3. The process as claimed in claim 1, wherein, in the second applying or introducing step the second material is printed into the first material as droplets such that the second material, when printed, dips into the first material or displaces it at least in part.

4. The process as claimed in claim 3, wherein the printed droplets of the second material breaks through a layer of the first material such that the droplets of the second material are embedded in the layer formed by the first material.

5. The process as claimed in claim 1 4, wherein the droplets are printed in a predetermined pattern during the droplet printing.

6. The process as claimed in claim 1 wherein the first material is a material based on gelatin, polyethylene glycol (PEG) or a PEG derivative, or a poloxamer, wherein the first material comprises the live cells and wherein the first material is optionally liquefiable and removable at a later time, leaving the cells behind.

7. The process as claimed in claim 1 wherein the second material is a hydrogel, which optionally contains the living cells.

8. The process as claimed in claim 1 wherein the first material is mixed with a chemical or biological or physical crosslinker, which optionally diffuses into the second material and, upon contact with the second material, brings about the gelling of the second material.

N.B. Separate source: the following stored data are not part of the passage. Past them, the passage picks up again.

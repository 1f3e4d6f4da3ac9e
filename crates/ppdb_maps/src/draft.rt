// What the lines of a map text say together, while they are read.
ghost use Rattle.std.specs.Prelude.{ℕ, ◌<◌, ◌↔◌, [], List, IsTrue, OnOk, IfOk};
ghost use Rattle.ppdb_maps.specs.Loops.{IsTextAdded};
ghost use Rattle.ppdb_maps.specs.Reading.{IsTold};
ghost use Rattle.ppdb_maps.specs.Text.{HoldsWhat, Read};
ghost use Rattle.ppdb_maps.specs.declared.line.Line.{Line};
ghost use Rattle.ppdb_maps.specs.declared.line.Line.TheVariants.{Rows, Row, Cross, Gone, Method as SizesOf, Kept, Dropped, Slots, Slot, Signature, Document, Link};
ghost use Rattle.ppdb_maps.specs.declared.line.Line.TheVariants.{Shares};
ghost use Rattle.ppdb_maps.specs.Drafts.{Holds, IsClosed, IsReadyFor, AddsLine, IsAdded, IsAddedTo, HasLength};
ghost use Rattle.ppdb_maps.specs.Rules.{IsNamed};

use crate::bit_set::{BitSet, RowSet};
use crate::entries::{CrossLine, GoneLine, NameLine, RowLine, SignatureImage};
use crate::finish::{
    counts_of, crossed_in_order, documents_of, gone_in_order, methods_in_order, numbers_of,
    rows_in_order, signatures_in_order, slots_of,
};
use crate::line::Line;
use crate::map_text::MapText;
use crate::method::Method;
use crate::refusal::Refusal;
use crate::rule::Rule;
use ppdb_base::{Bytes, Memory, Run};
use std::alloc::Global;
use std::collections::{BTreeMap, BTreeSet};

/// What the lines so far say.
#[derive(Drop)]
pub struct Draft {
    counts: BTreeMap<u8, u32>,
    /// In the order of their lines.
    rows: Vec<RowLine>,
    /// In the order of their lines.
    crossed: Vec<CrossLine>,
    /// In the order of their lines.
    gone: Vec<GoneLine>,
    /// The rows of these three.
    moved: RowSet,
    /// In the order of their lines.
    methods: Vec<Method>,
    /// The numbers of `methods`.
    listed: BitSet,
    /// The last method, while its runs may follow; it is not among `methods` yet.
    current: Option<Method>,
    drops: BTreeSet<u32>,
    slotted: BTreeSet<u32>,
    slots: BTreeMap<(u32, u16), u16>,
    /// In the order of their lines.
    signatures: Vec<SignatureImage>,
    /// The methods of `signatures`.
    signed: BitSet,
    /// The new names of documents, by their names.
    documents: BTreeMap<Vec<u8>, Bytes>,
    link: Option<Bytes>,
    shares: bool,
}

impl Draft {
    /// No line was read.
    pub fn new(alloc: Global) -> Draft
        ensures { Holds [] result }
    {
        Draft {
            counts: BTreeMap::new(alloc),
            rows: Vec::new(alloc),
            crossed: Vec::new(alloc),
            gone: Vec::new(alloc),
            moved: RowSet::new(alloc),
            methods: Vec::new(alloc),
            listed: BitSet::new(alloc),
            current: None,
            drops: BTreeSet::new(alloc),
            slotted: BTreeSet::new(alloc),
            slots: BTreeMap::new(alloc),
            signatures: Vec::new(alloc),
            signed: BitSet::new(alloc),
            documents: BTreeMap::new(alloc),
            link: None,
            shares: false,
        }
    }

    /// Puts the open method among the others.
    pub fn close(&mut self) -> Result<(), Memory>
        ensures { OnOk result ((before : List Line) → Holds before self.old → IsClosed before self.new) }
    {
        if let Some(method) = self.current.take() {
            self.listed.insert(method.number())?;
            self.methods.push(method)?;
        }
        Ok(())
    }

    fn add_rows(&mut self, table: u8, rows: u32) -> Result<(), Refusal>
        ensures { IsAdded (Rows table rows) self.old result self.new }
    {
        if self.counts.contains_key(&table) {
            return Err(Refusal::Breaks(Rule::Repeated));
        }
        self.counts.insert(table, rows)?;
        Ok(())
    }

    fn add_row(&mut self, alloc: Global, table: u8, old: u32, new: u32) -> Result<(), Refusal>
        ensures { IsAdded (Row table old new) self.old result self.new }
    {
        if self.moved.contains(table, old) {
            return Err(Refusal::Breaks(Rule::Repeated));
        }
        if !self.counts.contains_key(&table) {
            return Err(Refusal::Breaks(Rule::Undeclared));
        }
        if table == 0x06 && self.drops.contains(&old) {
            return Err(Refusal::Breaks(Rule::NamesDropped));
        }
        self.moved.insert(alloc, table, old)?;
        self.rows.push(RowLine { table, old, new })?;
        Ok(())
    }

    fn add_cross(&mut self, alloc: Global, line: CrossLine) -> Result<(), Refusal>
        ensures { IsAdded (Cross line) self.old result self.new }
    {
        if self.moved.contains(line.table, line.old) {
            return Err(Refusal::Breaks(Rule::Repeated));
        }
        if !self.counts.contains_key(&line.table) {
            return Err(Refusal::Breaks(Rule::Undeclared));
        }
        self.moved.insert(alloc, line.table, line.old)?;
        self.crossed.push(line)?;
        Ok(())
    }

    fn add_gone(&mut self, alloc: Global, table: u8, old: u32) -> Result<(), Refusal>
        ensures { IsAdded (Gone table old) self.old result self.new }
    {
        if self.moved.contains(table, old) {
            return Err(Refusal::Breaks(Rule::Repeated));
        }
        if !self.counts.contains_key(&table) {
            return Err(Refusal::Breaks(Rule::Undeclared));
        }
        self.moved.insert(alloc, table, old)?;
        self.gone.push(GoneLine { table, old })?;
        Ok(())
    }

    fn add_method(
        &mut self,
        alloc: Global,
        method: u32,
        old_size: u32,
        new_size: u32,
    ) -> Result<(), Refusal>
        ensures { IsAdded (SizesOf method old_size new_size) self.old result self.new }
    {
        if self.listed.contains(method) {
            return Err(Refusal::Breaks(Rule::Repeated));
        }
        if self.drops.contains(&method) {
            return Err(Refusal::Breaks(Rule::NamesDropped));
        }
        self.current = Some(Method::new(alloc, method, old_size, new_size));
        Ok(())
    }

    fn add_drop(&mut self, method: u32) -> Result<(), Refusal>
        ensures { IsAdded (Dropped method) self.old result self.new }
    {
        if self.drops.contains(&method) {
            return Err(Refusal::Breaks(Rule::Repeated));
        }
        if self.is_named(method) {
            return Err(Refusal::Breaks(Rule::NamesDropped));
        }
        self.drops.insert(method)?;
        Ok(())
    }

    /// Whether the method has a `method`, a `row`, a `slots` or a `signature` line.
    fn is_named(&self, method: u32) -> bool
        ensures { (before : List Line) → IsClosed before self.now → IsTrue result ↔ IsNamed before method }
    {
        self.listed.contains(method)
            || self.moved.contains(0x06, method)
            || self.slotted.contains(&method)
            || self.signed.contains(method)
    }

    fn add_slots(&mut self, method: u32) -> Result<(), Refusal>
        ensures { IsAdded (Slots method) self.old result self.new }
    {
        if self.slotted.contains(&method) {
            return Err(Refusal::Breaks(Rule::Repeated));
        }
        if self.drops.contains(&method) {
            return Err(Refusal::Breaks(Rule::NamesDropped));
        }
        self.slotted.insert(method)?;
        Ok(())
    }

    fn add_slot(&mut self, method: u32, old: u16, new: u16) -> Result<(), Refusal>
        ensures { IsAdded (Slot method old new) self.old result self.new }
    {
        if self.slots.contains_key(&(method, old)) {
            return Err(Refusal::Breaks(Rule::Repeated));
        }
        if !self.slotted.contains(&method) {
            return Err(Refusal::Breaks(Rule::Undeclared));
        }
        self.slots.insert((method, old), new)?;
        Ok(())
    }

    fn add_signature(&mut self, method: u32, new: u32) -> Result<(), Refusal>
        ensures { IsAdded (Signature method new) self.old result self.new }
    {
        if self.signed.contains(method) {
            return Err(Refusal::Breaks(Rule::Repeated));
        }
        if self.drops.contains(&method) {
            return Err(Refusal::Breaks(Rule::NamesDropped));
        }
        self.signed.insert(method)?;
        self.signatures.push(SignatureImage { method, new })?;
        Ok(())
    }

    fn add_document(&mut self, document: NameLine) -> Result<(), Refusal>
        ensures { IsAdded (Document document) self.old result self.new }
    {
        let NameLine { old, new } = document;
        let old = old.into_vec();
        if self.documents.contains_key(old.as_slice()) {
            return Err(Refusal::Breaks(Rule::Repeated));
        }
        self.documents.insert(old, new)?;
        Ok(())
    }

    fn add_link(&mut self, value: Bytes) -> Result<(), Refusal>
        ensures { IsAdded (Link value) self.old result self.new }
    {
        if self.link.is_some() {
            return Err(Refusal::Breaks(Rule::Repeated));
        }
        self.link = Some(value);
        Ok(())
    }

    fn add_shares(&mut self) -> Result<(), Refusal>
        ensures { IsAdded Shares self.old result self.new }
    {
        if self.shares {
            return Err(Refusal::Breaks(Rule::Repeated));
        }
        self.shares = true;
        Ok(())
    }

    fn add_run(&mut self, run: Run) -> Result<(), Refusal>
        requires { 0 < run.length }
        ensures { IsAddedTo (Kept run) self.old result self.new }
    {
        match &mut self.current {
            Some(method) => method.add(run),
            None => Err(Refusal::Breaks(Rule::NoMethod)),
        }
    }

    /// Puts the open method among the others, unless the line may be among its runs.
    fn close_before(&mut self, line: &Line) -> Result<(), Memory>
        ensures { OnOk result ((before : List Line) → Holds before self.old → IsReadyFor line.now before self.new) }
    {
        match line {
            Line::Silent | Line::Kept(_) => Ok(()),
            _ => self.close(),
        }
    }

    /// Adds what a line says to a draft that can take the line.
    fn add_ready(&mut self, alloc: Global, line: Line) -> Result<(), Refusal>
        requires { HasLength line }
        ensures { (before : List Line) → IsReadyFor line before self.old → AddsLine before line result self.new }
    {
        match line {
            Line::Silent => Ok(()),
            Line::Kept(run) => self.add_run(run),
            Line::Rows { table, rows } => self.add_rows(table, rows),
            Line::Row { table, old, new } => self.add_row(alloc, table, old, new),
            Line::Cross(line) => self.add_cross(alloc, line),
            Line::Gone { table, old } => self.add_gone(alloc, table, old),
            Line::Method {
                method,
                old_size,
                new_size,
            } => self.add_method(alloc, method, old_size, new_size),
            Line::Dropped(method) => self.add_drop(method),
            Line::Slots(method) => self.add_slots(method),
            Line::Slot { method, old, new } => self.add_slot(method, old, new),
            Line::Signature { method, new } => self.add_signature(method, new),
            Line::Document(document) => self.add_document(document.into_inner()),
            Line::Link(value) => self.add_link(value.into_inner()),
            Line::Shares => self.add_shares(),
        }
    }

    /// Adds what a line says.
    pub fn add(&mut self, alloc: Global, line: Line) -> Result<(), Refusal>
        requires { HasLength line }
        ensures { IsAddedTo line self.old result self.new }
    {
        self.close_before(&line)?;
        self.add_ready(alloc, line)
    }

    /// Adds what a line after the first says, or refuses it by the rule that it breaks by itself.
    pub fn add_said(&mut self, alloc: Global, told: Result<Line, Refusal>) -> Result<(), Refusal>
        requires { (version : ℕ) × (text : List ℕ) × IsTold version text told }
        ensures { (version : ℕ) (text : List ℕ) → IsTold version text told → IsTextAdded version text self.old result self.new }
    {
        match told {
            Ok(line) => self.add(alloc, line),
            Err(refusal) => Err(refusal),
        }
    }

    /// The map of the lines.
    pub fn finish(self, alloc: Global) -> Result<MapText, Memory>
        requires { (version : ℕ) × (texts : List (List ℕ)) × (before : List Line) × Read version texts before × IsClosed before self }
        ensures { (before : List Line) → IsClosed before self → IfOk result (HoldsWhat before) }
    {
        let Draft {
            counts,
            rows,
            crossed,
            gone,
            moved: _,
            methods,
            listed: _,
            current: _,
            drops,
            slotted,
            slots,
            signatures,
            signed: _,
            documents,
            link,
            shares,
        } = self;
        let counts = counts_of(alloc, counts)?;
        let rows = rows_in_order(rows)?;
        let crossed = crossed_in_order(crossed)?;
        let gone = gone_in_order(gone)?;
        let methods = methods_in_order(methods)?;
        let drops = numbers_of(alloc, drops)?;
        let slotted = numbers_of(alloc, slotted)?;
        let slots = slots_of(alloc, slots)?;
        let signatures = signatures_in_order(signatures)?;
        let documents = documents_of(alloc, documents)?;
        Ok(MapText::new(
            counts, rows, crossed, gone, methods, drops, slotted, slots, signatures, documents,
            link, shares,
        ))
    }
}
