// Where the rows of a table are likely to be.
use crate::entries::RowLine;

/// Where the rows of each table begin in a list that is in order. No clause speaks of it: whoever
/// looks there sees whether the row is there.
#[derive(Clone, Copy)]
pub struct Starts {
    starts: [u32; 45],
}

impl Starts {
    /// Where the rows of each table begin in the empty list.
    pub fn none() -> Starts {
        Starts { starts: [0; 45] }
    }

    /// Where the rows of each table begin in this list.
    pub fn of(rows: &[RowLine]) -> Starts {
        let mut starts = [0; 45];
        for table in 0..45 {
            let start = rows.partition_point(|row| (row.table as usize) < table);
            starts[table] = start.min(0xffff_ffff) as u32;
        }
        Starts { starts }
    }

    /// The index of a row, where all rows of its table up to it have lines.
    pub fn near(&self, table: u8, old: u32) -> usize {
        match self.starts.get(table as usize) {
            Some(start) => (*start as usize)
                .saturating_add(old as usize)
                .saturating_sub(1),
            None => 0,
        }
    }
}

9. The process as claimed in claim 1 wherein the three-dimensional structure is a tissue structure having a first region which corresponds to a supply structure and a second region which forms a functional tissue.

10. The process as claimed in claim 1 wherein the three-dimensional structure resembles a cardiac structure, a liver structure, a kidney structure, an alveolar structure, a skin structure, a cartilage structure, a bone structure with or without bone marrow, a neural structure or mixed forms thereof.

11. The process as claimed in claim 1, further comprising culturing the three-dimensional structure after the second applying or introducing step in an incubator.

12. The process as claimed in claim 1 wherein the three-dimensional structure is an organ.

13. The process as claimed in claim 1 wherein the live cells are in the first material and are or comprise vessel-forming cells, mesenchymal stem cells, fibroblasts and/or smooth muscle cells.

14. A biological three-dimensional structure produced by the process of claim 1.

15. The biological three-dimensional structure as claimed in claim 14, wherein the three-dimensional structure is a liver tissue structure, a cardiac tissue structure, a kidney tissue structure, an alveolar structure, a skin structure, a bone structure with or without bone marrow, a cartilage structure, a neural structure or mixed forms thereof.

16. A method of using the three-dimensional structure as claimed in claim 14 as a model for tissue genesis.

17. A method of using the three-dimensional structure as claimed in claim 14 as a tissue model for testing forms of therapy or for stratifying a therapy or for testing or identifying active-ingredient candidates.